▶ [TASK]
The response must contain every line from the records below that has "static".

------------------------------------

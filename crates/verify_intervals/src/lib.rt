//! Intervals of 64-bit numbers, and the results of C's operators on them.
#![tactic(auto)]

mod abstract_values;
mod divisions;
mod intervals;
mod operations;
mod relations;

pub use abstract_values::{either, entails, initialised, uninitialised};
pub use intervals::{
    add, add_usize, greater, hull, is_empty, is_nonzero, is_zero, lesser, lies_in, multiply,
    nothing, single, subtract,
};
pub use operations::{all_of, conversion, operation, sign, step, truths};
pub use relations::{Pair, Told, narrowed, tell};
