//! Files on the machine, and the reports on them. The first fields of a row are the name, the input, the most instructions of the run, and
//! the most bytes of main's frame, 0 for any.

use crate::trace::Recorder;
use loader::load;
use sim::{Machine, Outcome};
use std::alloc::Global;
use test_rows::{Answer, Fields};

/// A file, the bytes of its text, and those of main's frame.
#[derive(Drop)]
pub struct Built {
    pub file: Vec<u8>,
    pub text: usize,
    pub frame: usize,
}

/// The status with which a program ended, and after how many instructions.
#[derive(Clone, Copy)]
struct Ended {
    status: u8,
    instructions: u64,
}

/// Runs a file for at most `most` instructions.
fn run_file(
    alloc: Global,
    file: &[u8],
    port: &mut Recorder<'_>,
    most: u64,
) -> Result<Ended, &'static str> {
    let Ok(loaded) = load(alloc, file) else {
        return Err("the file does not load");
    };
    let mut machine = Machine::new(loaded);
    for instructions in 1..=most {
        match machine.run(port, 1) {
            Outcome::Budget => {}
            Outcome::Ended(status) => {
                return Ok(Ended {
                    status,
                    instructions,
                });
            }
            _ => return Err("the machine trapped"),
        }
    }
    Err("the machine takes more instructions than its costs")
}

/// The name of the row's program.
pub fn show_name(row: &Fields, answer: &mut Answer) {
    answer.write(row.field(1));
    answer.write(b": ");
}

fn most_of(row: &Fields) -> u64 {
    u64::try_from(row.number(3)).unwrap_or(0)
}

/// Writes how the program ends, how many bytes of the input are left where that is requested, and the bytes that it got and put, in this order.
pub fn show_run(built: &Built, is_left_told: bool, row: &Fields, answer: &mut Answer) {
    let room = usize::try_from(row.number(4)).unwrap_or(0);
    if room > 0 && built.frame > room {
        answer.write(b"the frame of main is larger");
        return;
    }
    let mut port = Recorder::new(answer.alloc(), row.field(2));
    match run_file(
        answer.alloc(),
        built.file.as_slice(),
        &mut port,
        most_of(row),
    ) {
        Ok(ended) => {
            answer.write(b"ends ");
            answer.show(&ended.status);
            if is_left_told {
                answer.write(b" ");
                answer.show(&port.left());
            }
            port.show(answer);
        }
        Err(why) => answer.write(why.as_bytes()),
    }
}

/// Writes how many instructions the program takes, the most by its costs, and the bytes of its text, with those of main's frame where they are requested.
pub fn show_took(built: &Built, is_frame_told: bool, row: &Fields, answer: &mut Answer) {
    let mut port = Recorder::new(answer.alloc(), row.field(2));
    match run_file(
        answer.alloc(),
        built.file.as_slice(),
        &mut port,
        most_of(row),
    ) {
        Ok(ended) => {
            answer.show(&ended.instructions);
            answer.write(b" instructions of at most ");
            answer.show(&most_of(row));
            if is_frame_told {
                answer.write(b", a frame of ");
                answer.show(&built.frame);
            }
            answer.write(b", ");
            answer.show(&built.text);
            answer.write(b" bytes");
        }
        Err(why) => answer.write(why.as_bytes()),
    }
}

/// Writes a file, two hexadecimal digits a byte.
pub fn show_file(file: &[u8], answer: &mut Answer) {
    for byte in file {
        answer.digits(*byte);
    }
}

------------------------------------

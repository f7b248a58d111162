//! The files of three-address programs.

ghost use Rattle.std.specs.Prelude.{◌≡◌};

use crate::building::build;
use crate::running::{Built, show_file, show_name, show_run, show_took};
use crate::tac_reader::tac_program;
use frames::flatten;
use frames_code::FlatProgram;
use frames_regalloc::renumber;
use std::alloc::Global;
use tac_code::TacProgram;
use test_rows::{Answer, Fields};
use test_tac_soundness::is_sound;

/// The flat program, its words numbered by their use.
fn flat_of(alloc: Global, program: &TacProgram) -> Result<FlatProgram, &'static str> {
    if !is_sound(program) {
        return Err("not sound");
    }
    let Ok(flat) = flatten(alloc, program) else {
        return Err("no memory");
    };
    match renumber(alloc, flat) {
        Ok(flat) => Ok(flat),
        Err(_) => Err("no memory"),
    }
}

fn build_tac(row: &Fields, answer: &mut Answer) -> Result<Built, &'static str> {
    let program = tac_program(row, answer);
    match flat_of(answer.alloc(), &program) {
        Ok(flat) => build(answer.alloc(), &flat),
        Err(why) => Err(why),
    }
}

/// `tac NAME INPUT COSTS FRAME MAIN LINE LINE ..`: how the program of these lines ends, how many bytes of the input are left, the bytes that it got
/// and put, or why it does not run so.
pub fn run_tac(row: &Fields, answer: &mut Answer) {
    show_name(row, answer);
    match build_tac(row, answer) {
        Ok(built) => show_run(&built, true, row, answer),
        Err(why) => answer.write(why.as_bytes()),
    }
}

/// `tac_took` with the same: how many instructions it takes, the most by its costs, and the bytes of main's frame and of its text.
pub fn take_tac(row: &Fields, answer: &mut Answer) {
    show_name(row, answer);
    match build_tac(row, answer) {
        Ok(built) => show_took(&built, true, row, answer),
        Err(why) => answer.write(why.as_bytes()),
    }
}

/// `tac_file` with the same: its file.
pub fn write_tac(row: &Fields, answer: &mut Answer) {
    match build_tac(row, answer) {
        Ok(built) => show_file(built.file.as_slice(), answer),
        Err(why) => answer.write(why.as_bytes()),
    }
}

------------------------------------

▶ [RESPONSE BELOW]
) -> Result<Ended, &'static str> {
fn flat_of(alloc: Global, program: &TacProgram) -> Result<FlatProgram, &'static str> {
fn build_tac(row: &Fields, answer: &mut Answer) -> Result<Built, &'static str> {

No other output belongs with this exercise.